Charlie Collier

Personal information
- Full name: Charles Sampson Collier
- Born: 17 September 1887 Woollahra, New South Wales, Australia
- Died: 2 December 1962 (aged 75)

Playing information
- Position: Wing
Club
| Years | Team | Pld | T | G | FG | P |
| 1911–12 | South Sydney | 19 | 12 | 0 | 0 | 36 |
| 1914 | Western Suburbs | 11 | 0 | 1 | 0 | 2 |
|  | Total | 30 | 12 | 1 | 0 | 38 |
Representative
| Years | Team | Pld | T | G | FG | P |
| 1911 | Metropolis | 1 | 0 | 0 | 0 | 0 |
- Source: As of 2 December 2022

= Charlie Collier (rugby league) =

Australian rugby league footballer (1887-1962)

Charles Sampson Collier (1887-1962) was an Australian former professional rugby league footballer who played in the 1910s.
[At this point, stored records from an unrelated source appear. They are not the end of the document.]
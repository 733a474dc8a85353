//! Writes the record of a packet.
ghost use Rattle.std.specs.Prelude.{◌≡◌, ◌<◌, None};
ghost use Rattle.dp_model.specs.Stores.{IsLive, with_slot};
ghost use Rattle.dp_pcap.specs.declared.format.TheConstants.{NANOS_A_SECOND};
ghost use Rattle.dp_engine.specs.Putting.{PutsRecord};

use dp_mbuf::Mbufs;
use dp_model::Packet as Handle;
use dp_pcap::{PcapError, Sink, Time, Unit, put_bytes, put_head, put_record};

// What a writer returns.
type Put = Result<(), PcapError>;

// Writes a packet segment by segment.
#[inline(always)]
#[tactic(auto, using(std::proofs::lemmas::Grind::common_steps))]
fn put_segments<W: Sink>(mbufs: &Mbufs, packet: Handle, time: Time, unit: Unit, w: &mut W) -> Put
    requires live { IsLive mbufs.now.store packet }
    requires nano { time.nano < NANOS_A_SECOND }
    ensures { PutsRecord W.contents W.is_broken W.calls W.failures unit time mbufs.now.store packet w.old w.new result }
{
    put_head(w, unit, time, mbufs.length(&packet) as usize)?;
    for index in 0..mbufs.segments(&packet) {
        put_bytes(w, mbufs.segment_bytes(&packet, index))?;
    }
    Ok(())
}

// Writes the record of a packet. If it has one segment, the bytes of that are the record's.
fn put_packet<W: Sink>(mbufs: &Mbufs, packet: Handle, time: Time, unit: Unit, w: &mut W) -> Put
    requires live { IsLive mbufs.now.store packet }
    requires nano { time.nano < NANOS_A_SECOND }
    ensures { PutsRecord W.contents W.is_broken W.calls W.failures unit time mbufs.now.store packet w.old w.new result }
{
    if mbufs.segments(&packet) != 1 {
        return put_segments(mbufs, packet, time, unit, w);
    }
    put_record(w, unit, time, mbufs.segment_bytes(&packet, 0))
}

// Writes the record of any packet, and frees it.
#[inline(never)]
fn put_shared<W: Sink>(mbufs: &mut Mbufs, packet: Handle, time: Time, unit: Unit, w: &mut W) -> Put
    requires live { IsLive mbufs.old.store packet }
    requires nano { time.nano < NANOS_A_SECOND }
    ensures puts { PutsRecord W.contents W.is_broken W.calls W.failures unit time mbufs.old.store packet w.old w.new result }
    ensures freed { mbufs.new.store ≡ with_slot packet None mbufs.old.store }
    ensures zones { mbufs.new.zones ≡ mbufs.old.zones }
{
    let outcome = put_packet(mbufs, packet, time, unit, w);
    mbufs.free(packet);
    outcome
}

// Writes the record of a packet, and frees it. Most packets are one segment in a buffer of their own, whose header is then read once.
#[inline(always)]
pub(crate) fn put_and_free<W: Sink>(
    mbufs: &mut Mbufs,
    packet: Handle,
    time: Time,
    unit: Unit,
    w: &mut W,
) -> Put
    requires live { IsLive mbufs.old.store packet }
    requires nano { time.nano < NANOS_A_SECOND }
    ensures puts { PutsRecord W.contents W.is_broken W.calls W.failures unit time mbufs.old.store packet w.old w.new result }
    ensures freed { mbufs.new.store ≡ with_slot packet None mbufs.old.store }
    ensures zones { mbufs.new.zones ≡ mbufs.old.zones }
{
    let Some(bytes) = mbufs.sole_bytes(&packet) else {
        return put_shared(mbufs, packet, time, unit, w);
    };
    let outcome = put_record(w, unit, time, bytes);
    mbufs.free_sole(packet);
    outcome
}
He played for the South Sydney and Western Suburbs in the New South Wales Rugby League (NSWRL) competition.

==Playing career==
Collier made his first grade debut for South Sydney in round 5 of the 1911 NSWRL season against Western Suburbs which ended in a 13-8 victory at the Metters Sports Ground. In the same season, Collier was selected to play for Metropolis. In 1912, Collier played in South Sydney's 30-5 City Cup final victory over Glebe scoring a try. In 1914, Collier joined Western Suburbs making eleven appearances.